Edge for a preference budget. Distributing inference to shave latency the SLA never required. The region already cleared 100 ms for nearby users; the edge buys 40 ms of headroom nobody asked for at the price of thin utilization and a fleet to operate. The savings would have been larger spent on a faster centralized accelerator.
Edge with a model that does not fit. Committing to edge serving and then discovering the product needs the frontier model that an NVL72 hosts and a 30 kW cabinet cannot. The power envelope is the first line of the spec, not the last — decide the model and the site together.
Edge without lights-out operations. Standing up a hundred sites with no ZTP, no remote remediation, no in-silicon root of trust — so every firmware bug becomes a truck roll and opex scales with site count instead of being amortized across it. The automation must exist before the fleet does, not after.
Per-site redundancy instead of geo-redundancy. Trying to make each unmanned cabinet bulletproof with 2N power it has no room for, instead of placing an extra site in the coverage gap. At the edge, resilience is a map problem; the redundancy budget buys coverage, not nines.
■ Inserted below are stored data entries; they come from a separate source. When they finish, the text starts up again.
//! How many delivered frames a replica accepted, and how many it ignored for each cause.
ghost use Rattle.std.specs.Prelude.{◌≡◌, ◌<◌};
ghost use Rattle.ledger_model.specs.declared.reply.Ignored.{Ignored};
ghost use Rattle.http_messages.specs.FrameCounts.{counted, ignored_for, is_accepted, is_ignored_for, cause_place};

use ledger_model::Ignored;

/// The number of causes.
const CAUSE_COUNT: usize = 11;

/// Numbers of delivered frames, by the replica's answer.
#[derive(Clone, Copy, Debug)]
pub struct FrameCounts {
    /// How many it accepted.
    pub accepted: u64,
    /// How many it ignored, for each cause, in the order of the causes' numbers.
    pub ignored: [u64; CAUSE_COUNT],
}

/// The place of a cause among the counts.
fn place_of(cause: Ignored) -> usize
    ensures place { result ≡ cause_place cause }
    ensures below { result < 11 }
{
    usize::from(cause.number() - 1)
}

impl FrameCounts {
    /// The counts before any frame.
    pub fn new() -> Self
        ensures accepted { result.accepted ≡ 0 }
        ensures ignored { (cause : Ignored) → ignored_for result cause ≡ 0 }
    {
        FrameCounts {
            accepted: 0,
            ignored: [0; CAUSE_COUNT],
        }
    }

    /// How many frames were ignored for this cause.
    pub fn ignored_for(&self, cause: Ignored) -> u64
        ensures { result ≡ ignored_for self.now cause }
    {
        self.ignored[place_of(cause)]
    }

    /// Counts one more frame, which got this answer. A count stays at 2^64 - 1.
    pub fn count(&mut self, answer: Result<(), Ignored>)
        ensures accepted { self.new.accepted ≡ counted (is_accepted answer) self.old.accepted }
        ensures ignored { (cause : Ignored) → ignored_for self.new cause ≡ counted (is_ignored_for cause answer) (ignored_for self.old cause) }
    {
        match answer {
            Ok(()) => self.accepted = self.accepted.saturating_add(1),
            Err(cause) => {
                let place = place_of(cause);
                self.ignored[place] = self.ignored[place].saturating_add(1);
            }
        }
    }
}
Edge inference is one of the five workload archetypes framed in Chapter 1.1; its serving-engineering siblings are online inference in Chapter 1.3 (model sizing, quantization, decode pressure) and the procurement question of building versus renting the underlying capacity in Chapter 1.6 (where 'build-core-rent-edge' is named as a hybrid). The per-subsystem requirements mapping — including the power-first vs latency-first siting split that this chapter inverts — is tabulated in Chapter 1.7, and the economics that score an edge fleet against a centralized region live in Chapter 1.8. The cooling-cliff physics the edge sidesteps with sealed-loop cabinets is engineered in Chapter 5.1, and the siting hierarchy the edge inverts is laid out in Chapter 3.1.